Western Union Telegraph Co. v. Bowen

83 So. 283 | Ala. | 1919

The report of the former appeal of this cause, to the Court of Appeals, will be found in 76 So. 985.1 The report of the appeal will contain the amended first count.

The defendant interposed, besides the general issue, pleas 3 and 5 to the amended first count of the complaint, charging that the defendant (appellant) agreed, for a reward paid, to use due diligence promptly to pay or cause to be paid to plaintiff's wife at Citronelle, Ala., the sum of $15; that, notwithstanding the duty thus assumed, the defendant failed to pay or cause to be paid the said sum for a long time, to wit, two days; and that negligence characterized the failure of the defendant to observe its stated duty in either paying the money to plaintiff's wife or in causing the money to be paid to her. The report of the appeal will reproduce plea 3. Plea 5 would assert the like manner of defense.

As appears, the amended first count attributes negligence to the defendant with respect either to the averred duty promptly to pay the money to plaintiff's wife, or promptly to cause the money to be paid to her. It is manifest that the alternative thus alleged imported a breach, by the defendant, of the duty arising from its obligation promptly to pay the money to plaintiff's wife, or a breach arising from the assumption by defendant of the obligation to secure some other agency or person promptly to pay the money to plaintiff's wife.
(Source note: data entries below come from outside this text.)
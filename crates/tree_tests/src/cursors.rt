//! What cursors and look-ups answer in trees of items with a width and a name.
ghost use Rattle.std.specs.Prelude.{◌≡◌, ◌<◌};

use crate::wide::{ByName, Chosen, HasWidth, Name, Parity, Wide, Width, id_of, name_id};
use std::alloc::Global;
use std::marker::Brand;
use std::sync::ledger::{Blank, Ledger};
use sum_tree::{Steps, SumTree};
use tree_cursor::{Bias, Cursor, FilterCursor, OutOfMemory, locate, look_up};

// The tree with an item more, where it is small.
fn push_to(alloc: Global, tree: &mut SumTree<Wide>, width: u64) -> Result<(), OutOfMemory> {
    let id = tree.len();
    let sum = tree.summary();
    if id >= 1_000_000 || sum.items >= 1_000_000 || sum.odd >= 1_000_000 {
        return Ok(());
    }
    if sum.width >= 1_000_000 || width >= 1_000_000 {
        return Ok(());
    }
    tree.push(alloc, Wide { width, id })
}

// Pushes items of these widths, again and again.
fn push_rows(
    alloc: Global,
    tree: &mut SumTree<Wide>,
    widths: &[u64],
    times: u64,
) -> Result<(), OutOfMemory> {
    for _time in 0..times {
        for width in widths {
            push_to(alloc, tree, *width)?;
        }
    }
    Ok(())
}

// Items of these widths, again and again, with the names 0, 1, 2 and on.
pub(crate) fn tree_of(
    alloc: Global,
    widths: &[u64],
    times: u64,
) -> Result<SumTree<Wide>, OutOfMemory> {
    let mut tree = SumTree::new(alloc)?;
    push_rows(alloc, &mut tree, widths, times)?;
    Ok(tree)
}

// Up to three numbers that are answered: an item's name, where it starts, and the like.
type Found = [Option<u64>; 3];

// The name of the item that a seek from the start finds, and where it starts.
fn spot(tree: &SumTree<Wide>, at: u64, bias: Bias) -> Found {
    tree.known();
    let (item, start) = look_up(tree, Width { at: 0 }, &Width { at }, bias);
    [id_of(item), Some(start.at), None]
}

// The same with a counter that is made of the blank.
fn spot_with<L: Ledger>(tree: &SumTree<Wide>, at: u64, bias: Bias, blank: Blank) -> Found
    requires name { blank.name ≡ L.name }
    requires parts { blank.parts ≡ L.parts }
    requires some { 0 < blank.parts }
{
    tree.known();
    let mut steps = Steps::<L>::new(blank);
    let (item, start) = locate(tree, Width { at: 0 }, &Width { at }, bias, &mut steps);
    [id_of(item), Some(start.at), None]
}

fn counted_spot(tree: &SumTree<Wide>, at: u64, bias: Bias) -> Found {
    spot_with::<Brand>(tree, at, bias, Blank::new(1))
}

// The name of the first item whose name is at least this, as the greatest so far says.
fn spot_name(tree: &SumTree<Wide>, id: u64) -> Found {
    let (item, _before) = look_up(tree, ByName { name: None }, &Name { id }, Bias::Left);
    [id_of(item), None, None]
}

// The name of the item with which the set of the odd ones reaches this size, and its size before.
fn spot_odd(tree: &SumTree<Wide>, at: u64) -> Found {
    tree.known();
    let set = &Parity { odd: true };
    let (item, before) = look_up(tree, Chosen { set, items: 0 }, &at, Bias::Left);
    [id_of(item), Some(before.items), None]
}

// The same by a cursor, and of the item before.
fn before_odd(tree: &SumTree<Wide>, at: u64) -> Result<Found, OutOfMemory> {
    tree.known();
    let set = &Parity { odd: true };
    let mut cursor = Cursor::new(tree, Chosen { set, items: 0 })?;
    cursor.seek(&at, Bias::Left)?;
    cursor.prev()?;
    Ok([id_of(cursor.item()), Some(cursor.start().items), None])
}

// The first name that a cursor by names finds strictly past this, by the end of its item.
fn name_past(tree: &SumTree<Wide>, id: u64) -> Result<Found, OutOfMemory> {
    let mut cursor = Cursor::new(tree, ByName { name: None })?;
    cursor.seek(&Name { id }, Bias::Right)?;
    Ok([name_id(cursor.end().name), None, None])
}

// The second item with a width, and how many odd ones lie before it.
fn second_odd(tree: &SumTree<Wide>) -> Result<Found, OutOfMemory> {
    tree.known();
    let set = &Parity { odd: true };
    let mut kept = FilterCursor::new(tree, Chosen { set, items: 0 }, HasWidth)?;
    kept.next()?;
    let item = kept.next()?;
    Ok([id_of(item), Some(kept.start().items), None])
}

// The second item with a width, and the greatest name before it.
fn second_name(tree: &SumTree<Wide>) -> Result<Found, OutOfMemory> {
    let mut kept = FilterCursor::new(tree, ByName { name: None }, HasWidth)?;
    kept.next()?;
    let item = kept.next()?;
    Ok([id_of(item), name_id(kept.start().name), None])
}

// The names of the second item with a width and of the one after it, and where the second starts.
fn second_place(tree: &SumTree<Wide>) -> Result<Found, OutOfMemory> {
    tree.known();
    let mut kept = FilterCursor::new(tree, Width { at: 0 }, HasWidth)?;
    kept.next()?;
    let second = kept.next()?;
    let start = kept.start().at;
    let third = kept.next()?;
    Ok([id_of(second), Some(start), id_of(third)])
}

// How many items a slice to a place has and how many the rest.
fn parts(alloc: Global, tree: &SumTree<Wide>, at: u64, bias: Bias) -> Result<Found, OutOfMemory> {
    tree.known();
    let mut cursor = Cursor::new(tree, Width { at: 0 })?;
    let front = cursor.slice(alloc, &Width { at }, bias)?;
    let rest = cursor.suffix(alloc)?;
    Ok([Some(front.len()), Some(rest.len()), None])
}

// The sum of the places at which the items start, by a cursor that goes on to the end, and then back.
fn starts(tree: &SumTree<Wide>) -> Result<Found, OutOfMemory> {
    tree.known();
    let mut cursor = Cursor::new(tree, Width { at: 0 })?;
    let mut on: u64 = 0;
    for _i in 0..tree.len() {
        on = on.wrapping_add(cursor.start().at);
        cursor.next()?;
    }
    let mut back: u64 = 0;
    for _i in 0..tree.len() {
        cursor.prev()?;
        back = back.wrapping_add(cursor.start().at);
    }
    Ok([Some(on), Some(back), None])
}

// What is asked of a tree.
enum Ask {
    Spot(u64, Bias),
    CountedSpot(u64, Bias),
    SpotName(u64),
    SpotOdd(u64),
    BeforeOdd(u64),
    NamePast(u64),
    SecondOdd,
    SecondName,
    SecondPlace,
    Parts(u64, Bias),
    Starts,
    Height,
}

fn answer(alloc: Global, tree: &SumTree<Wide>, ask: &Ask) -> Result<Found, OutOfMemory> {
    match *ask {
        Ask::Spot(at, bias) => Ok(spot(tree, at, bias)),
        Ask::CountedSpot(at, bias) => Ok(counted_spot(tree, at, bias)),
        Ask::SpotName(id) => Ok(spot_name(tree, id)),
        Ask::SpotOdd(at) => Ok(spot_odd(tree, at)),
        Ask::BeforeOdd(at) => before_odd(tree, at),
        Ask::NamePast(id) => name_past(tree, id),
        Ask::SecondOdd => second_odd(tree),
        Ask::SecondName => second_name(tree),
        Ask::SecondPlace => second_place(tree),
        Ask::Parts(at, bias) => parts(alloc, tree, at, bias),
        Ask::Starts => starts(tree),
        Ask::Height => Ok([Some(tree.height() as u64), None, None]),
    }
}

// What is answered in the tree of these widths.
fn answer_in(alloc: Global, (widths, times): Items, ask: &Ask) -> Result<Found, OutOfMemory> {
    let tree = tree_of(alloc, widths, times)?;
    answer(alloc, &tree, ask)
}

// Widths, and how often they come.
type Items = (&'static [u64], u64);

const THREE: Items = (&[1], 3);

const THIRTEEN: Items = (&[1], 13);

const NONE_FIRST: Items = (&[0, 0, 1], 1);

const NONE_BETWEEN: Items = (&[1, 0, 0, 2], 1);

const THOUSANDS: Items = (&[1, 0, 2], 1000);

const ROWS: &[(&str, Items, Ask, Found)] = &[
    (
        "a seek to an end",
        THIRTEEN,
        Ask::Spot(3, Bias::Left),
        [Some(2), Some(2), None],
    ),
    (
        "a seek past an end",
        THIRTEEN,
        Ask::Spot(3, Bias::Right),
        [Some(3), Some(3), None],
    ),
    (
        "a seek to the last end",
        THIRTEEN,
        Ask::Spot(13, Bias::Left),
        [Some(12), Some(12), None],
    ),
    (
        "a seek past all",
        THIRTEEN,
        Ask::Spot(13, Bias::Right),
        [None, Some(13), None],
    ),
    (
        "a seek to no width",
        NONE_FIRST,
        Ask::Spot(0, Bias::Left),
        [Some(0), Some(0), None],
    ),
    (
        "a seek past no width",
        NONE_FIRST,
        Ask::Spot(0, Bias::Right),
        [Some(2), Some(0), None],
    ),
    (
        "counted, to an end",
        THIRTEEN,
        Ask::CountedSpot(3, Bias::Left),
        [Some(2), Some(2), None],
    ),
    (
        "counted, past an end",
        THIRTEEN,
        Ask::CountedSpot(3, Bias::Right),
        [Some(3), Some(3), None],
    ),
    (
        "counted, to the last end",
        THIRTEEN,
        Ask::CountedSpot(13, Bias::Left),
        [Some(12), Some(12), None],
    ),
    (
        "counted, past all",
        THIRTEEN,
        Ask::CountedSpot(13, Bias::Right),
        [None, Some(13), None],
    ),
    (
        "counted, to no width",
        NONE_FIRST,
        Ask::CountedSpot(0, Bias::Left),
        [Some(0), Some(0), None],
    ),
    (
        "counted, past no width",
        NONE_FIRST,
        Ask::CountedSpot(0, Bias::Right),
        [Some(2), Some(0), None],
    ),
    (
        "a filter by widths",
        NONE_BETWEEN,
        Ask::SecondPlace,
        [Some(3), Some(1), None],
    ),
    (
        "a cut before an item",
        THREE,
        Ask::Parts(2, Bias::Left),
        [Some(1), Some(2), None],
    ),
    (
        "a cut past an item",
        THREE,
        Ask::Parts(2, Bias::Right),
        [Some(2), Some(1), None],
    ),
    (
        "the height of thirteen",
        THIRTEEN,
        Ask::Height,
        [Some(1), None, None],
    ),
    (
        "a name",
        THOUSANDS,
        Ask::SpotName(2500),
        [Some(2500), None, None],
    ),
    (
        "the name past a name",
        THOUSANDS,
        Ask::NamePast(7),
        [Some(8), None, None],
    ),
    (
        "a filter by names",
        THOUSANDS,
        Ask::SecondName,
        [Some(2), Some(1), None],
    ),
    (
        "the thousandth odd one",
        THOUSANDS,
        Ask::SpotOdd(1000),
        [Some(1999), Some(999), None],
    ),
    (
        "the one before",
        THOUSANDS,
        Ask::BeforeOdd(1000),
        [Some(1998), Some(999), None],
    ),
    (
        "a filter by odd ones",
        THOUSANDS,
        Ask::SecondOdd,
        [Some(2), Some(1), None],
    ),
    (
        "on and back",
        THOUSANDS,
        Ask::Starts,
        [Some(4_497_500), Some(4_497_500), None],
    ),
];

#[test]
fn cursors_find_places(rt: HostRuntime) -> Result<(), OutOfMemory> {
    for (name, items, ask, expected) in ROWS {
        assert!(rt; answer_in(rt.alloc(), *items, ask)? == *expected, "{name}");
    }
    Ok(())
}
The present necessities of the case do not require a consideration of the sufficiency of the amended first count, as upon the demurrer thereto, nor an ascertainment of the effect of the phrase "to use due diligence by telegraphic communication" upon the scope and consequent obligation of the duty alternatively averred in the amended first count.

With respect to the sufficiency of plea 3, the controlling inquiry is the effect of this paragraph of the order:

"When the company has no office at destination authorized to pay money, it shall not be liable for any default beyond its own lines, but shall be the agent of the sender, without liability, and without further notice, to contract on the sender's behalf with any other telegraph or cable line, bank or other medium for the transmission and final payment of this order."

The contract is to be construed as a whole. The intent is, of course, to control. All of its provisions must, if fairly possible, be accorded some effect and perform some office. It is not to be supposed that a distinct expression of purpose was intended to be neutralized by another provision, especially where the term or provision supposed to be opposed is not as clear and positive in its design or effect as is the provision it is supposed to render impotent. In any event, it is the judicial duty, in the construction of a writing, to harmonize apparent contradictions, if, indeed, the presence of conflicting expressions is, in fact, disclosed by the writing. 6 R.C.L. pp. 835-838.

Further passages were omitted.